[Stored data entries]
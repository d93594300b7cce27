//! Opening over a disk in memory, through the bound that callers have.
ghost use Rattle.std.specs.Prelude.{◌≡◌, ◌≤◌, length};
ghost use Rattle.log_files.specs.Files.{AreNumbered};

use crate::fault::OpenFault;
use crate::opening::{files_of, open_log};
use crate::tables::Found;
use crate::tests::another_row;
use chunk_map::{CheckpointPage, Layout, MapFault, has_pages, newest, write_identity, write_next};
use ids_base::name::Name;
use ids_base::position::LogPos;
use ids_base::row_bytes::RowBytes;
use ids_base::row_id::RowId;
use ids_base::status::Place;
use ids_outside::{Disk, Leave, MemDisk, is_image};
use log_files::BlockRead;
use log_records::block_body::{BlockBody, put};
use log_records::record::Record;
use std::alloc::Global;
use std::process::Abort;
use std::test::Fail;

const SMALL: Layout = Layout {
    phys: 16,
    logs: 3,
    log_size: 8,
    chunks: 1,
    data_pages: 2,
    root: 43,
};

pub(crate) const FIRST: &[u8] = b"\x00\x00\x00\x01one ";

// Writes the identity, and the first checkpoint page.
fn format<D: Disk>(disk: &mut D) -> Result<(), MapFault> {
    if !SMALL.is_in_range() || !has_pages(disk, &SMALL) {
        return Err(MapFault::Disk);
    }
    disk.sync()?;
    write_identity(disk, &SMALL)?;
    let Err(MapFault::NotFormatted) = newest(disk, &SMALL) else {
        return Err(MapFault::Disk);
    };
    let page = CheckpointPage {
        number: 1,
        quiet: true,
        start: LogPos { block: 1, index: 0 },
    };
    write_next(disk, &SMALL, &page)?;
    Ok(())
}

// Appends blocks to an empty log.
pub(crate) fn append<D: Disk>(disk: &mut D, bodies: &[BlockBody]) -> Result<(), OpenFault>
    requires numbered { AreNumbered 1 bodies.now }
    requires few { length bodies.now ≤ 2 }
{
    if !SMALL.is_in_range() || !has_pages(disk, &SMALL) {
        return Err(OpenFault::Disk);
    }
    disk.sync()?;
    let mut files = files_of(&SMALL, 1);
    if !matches!(files.read_from(disk, 1)?, BlockRead::Absent) {
        return Err(OpenFault::Disk);
    }
    files.clear_rest(disk)?;
    files.append_blocks(disk, bodies)?;
    Ok(())
}

// A new table goes into the catalogue.
fn create(alloc: Global, tx: u64, slot: u32, number: u8, name: u8) -> Result<Record, Fail> {
    let bytes = another_row(number, name);
    Ok(Record::HInsert {
        tx,
        table: 1,
        row: RowId::from_number(slot),
        after: RowBytes::new(alloc, &bytes)?,
    })
}

pub(crate) fn insert(alloc: Global, tx: u64, slot: u32, bytes: &[u8]) -> Result<Record, Fail> {
    if bytes.is_empty() || bytes.len() > 800 {
        return Err("no row".into());
    }
    Ok(Record::HInsert {
        tx,
        table: 100,
        row: RowId::from_number(slot),
        after: RowBytes::new(alloc, bytes)?,
    })
}

// A body of these records.
pub(crate) fn body(rt: &impl Abort, number: u64, records: &[Record]) -> BlockBody
    ensures number { result.number ≡ number }
    ensures some { 1 ≤ length result.entries }
{
    let mut body = BlockBody::new(number);
    for entry in records {
        let is_put = put(entry.view(), &mut body);
        assert!(rt; is_put);
    }
    assert!(rt; body.number() == number);
    assert!(rt; body.count() >= 1);
    body
}

// What is found: whether there are the tables t and u, the greatest transaction, and the block that comes next.
#[derive(Clone, Copy, Debug, Drop, PartialEq, Eq)]
pub(crate) struct Summary {
    has_first: bool,
    has_second: bool,
    has_standing: bool,
    last_tx: u64,
    next: u64,
}

fn has_table(found: &Found, name: &[u8]) -> bool {
    match Name::new(name) {
        None => false,
        Some(name) => found.tables.table(&name).is_some(),
    }
}

pub(crate) fn open<D: Disk>(alloc: Global, disk: &mut D) -> Result<Summary, OpenFault> {
    let opened = open_log(alloc, disk)?;
    Ok(Summary {
        has_first: has_table(&opened.found, b"t"),
        has_second: has_table(&opened.found, b"u"),
        has_standing: opened.replay.has_standing(),
        last_tx: opened.last_tx,
        next: opened.files.next(),
    })
}

pub(crate) fn small_disk(rt: &impl Abort, alloc: Global) -> Result<MemDisk, Fail> {
    let mut disk = MemDisk::new(alloc, &[43, 2], Vec::new(alloc))?;
    assert_eq!(rt; format(&mut disk), Ok(()));
    Ok(disk)
}

// Transaction 1 is committed in block 1, and transaction 2 is open at the end of block 2.
fn disk_of_two_blocks(rt: &impl Abort, alloc: Global) -> Result<MemDisk, Fail> {
    let mut disk = small_disk(rt, alloc)?;
    let first = [
        Record::Begin { tx: 1, session: 1 },
        create(alloc, 1, 257, 100, b't')?,
        Record::Commit { tx: 1 },
        Record::Begin { tx: 2, session: 1 },
    ];
    let second = [create(alloc, 2, 258, 200, b'u')?];
    let bodies = [body(rt, 1, &first), body(rt, 2, &second)];
    assert_eq!(rt; append(&mut disk, &bodies), Ok(()));
    Ok(disk)
}

#[test]
fn an_empty_log_has_nothing(rt: HostRuntime) -> Result<(), Fail> {
    let alloc = rt.alloc();
    let mut disk = small_disk(&rt, alloc)?;
    let nothing = Summary {
        has_first: false,
        has_second: false,
        has_standing: false,
        last_tx: 0,
        next: 1,
    };
    assert_eq!(rt; open(alloc, &mut disk), Ok(nothing));
    assert_eq!(rt; open(alloc, &mut disk), Ok(nothing));
    Ok(())
}

// The first transaction stands, and the second was rolled back.
const ROLLED_BACK: Summary = Summary {
    has_first: true,
    has_second: false,
    has_standing: false,
    last_tx: 2,
    next: 4,
};

#[test]
fn an_open_transaction_is_rolled_back(rt: HostRuntime) -> Result<(), Fail> {
    let alloc = rt.alloc();
    let mut disk = disk_of_two_blocks(&rt, alloc)?;
    assert_eq!(rt; open(alloc, &mut disk), Ok(ROLLED_BACK));
    assert_eq!(rt; open(alloc, &mut disk), Ok(ROLLED_BACK));
    Ok(())
}

#[test]
fn each_stop_within_opening_leaves_the_rows(rt: HostRuntime) -> Result<(), Fail> {
    let alloc = rt.alloc();
    let mut disk = disk_of_two_blocks(&rt, alloc)?;
    let begun = disk.moment();
    assert_eq!(rt; open(alloc, &mut disk), Ok(ROLLED_BACK));
    assert!(rt; begun < disk.moment());
    for moment in begun..=disk.moment() {
        for leave in [
            Leave::Old,
            Leave::New,
            Leave::Half,
            Leave::Torn(0xA5),
            Leave::Torn(0),
        ] {
            let image = disk.left_at(alloc, moment, leave)?;
            assert!(rt; is_image(&image));
            let mut left = MemDisk::from_image(alloc, image, Vec::new(alloc));
            assert_eq!(rt;
                open(alloc, &mut left),
                Ok(ROLLED_BACK),
                "at {moment} {leave:?}"
            );
        }
    }
    Ok(())
}

#[test]
fn other_disks_are_refused(rt: HostRuntime) -> Result<(), Fail> {
    let alloc = rt.alloc();
    let mut zeros = MemDisk::new(alloc, &[43, 2], Vec::new(alloc))?;
    assert_eq!(rt; open(alloc, &mut zeros), Err(OpenFault::NotFormatted));
    let mut disk = small_disk(&rt, alloc)?;
    let records = [
        Record::Begin { tx: 1, session: 1 },
        Record::Commit { tx: 2 },
    ];
    assert_eq!(rt; append(&mut disk, &[body(&rt, 1, &records)]), Ok(()));
    let place = Place::Record(LogPos { block: 1, index: 1 });
    assert_eq!(rt; open(alloc, &mut disk), Err(OpenFault::Damaged(place)));
    Ok(())
}

// Transaction 1 puts two tables of one name into the catalogue, and transaction 2 is open at the end.
fn disk_of_one_name(rt: &impl Abort, alloc: Global) -> Result<MemDisk, Fail> {
    let mut disk = small_disk(rt, alloc)?;
    let records = [
        Record::Begin { tx: 1, session: 1 },
        create(alloc, 1, 257, 100, b't')?,
        create(alloc, 1, 258, 101, b't')?,
        Record::Commit { tx: 1 },
        Record::Begin { tx: 2, session: 1 },
    ];
    assert_eq!(rt; append(&mut disk, &[body(rt, 1, &records)]), Ok(()));
    Ok(disk)
}

#[test]
fn a_broken_row_is_named_before_anything_is_written(rt: HostRuntime) -> Result<(), Fail> {
    let alloc = rt.alloc();
    let mut disk = disk_of_one_name(&rt, alloc)?;
    let before = disk.left_at(alloc, disk.moment(), Leave::New)?;
    let broken = Err(OpenFault::Damaged(Place::Row(258)));
    assert_eq!(rt; open(alloc, &mut disk), broken);
    let after = disk.left_at(alloc, disk.moment(), Leave::New)?;
    assert!(rt; before == after);
    Ok(())
}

» WORK TASK
Find "BlockBody" in the data above. Report each line where it appears.

» RESULT OF THIS TASK
use log_records::block_body::{BlockBody, put};
pub(crate) fn append<D: Disk>(disk: &mut D, bodies: &[BlockBody]) -> Result<(), OpenFault>
pub(crate) fn body(rt: &impl Abort, number: u64, records: &[Record]) -> BlockBody
    let mut body = BlockBody::new(number);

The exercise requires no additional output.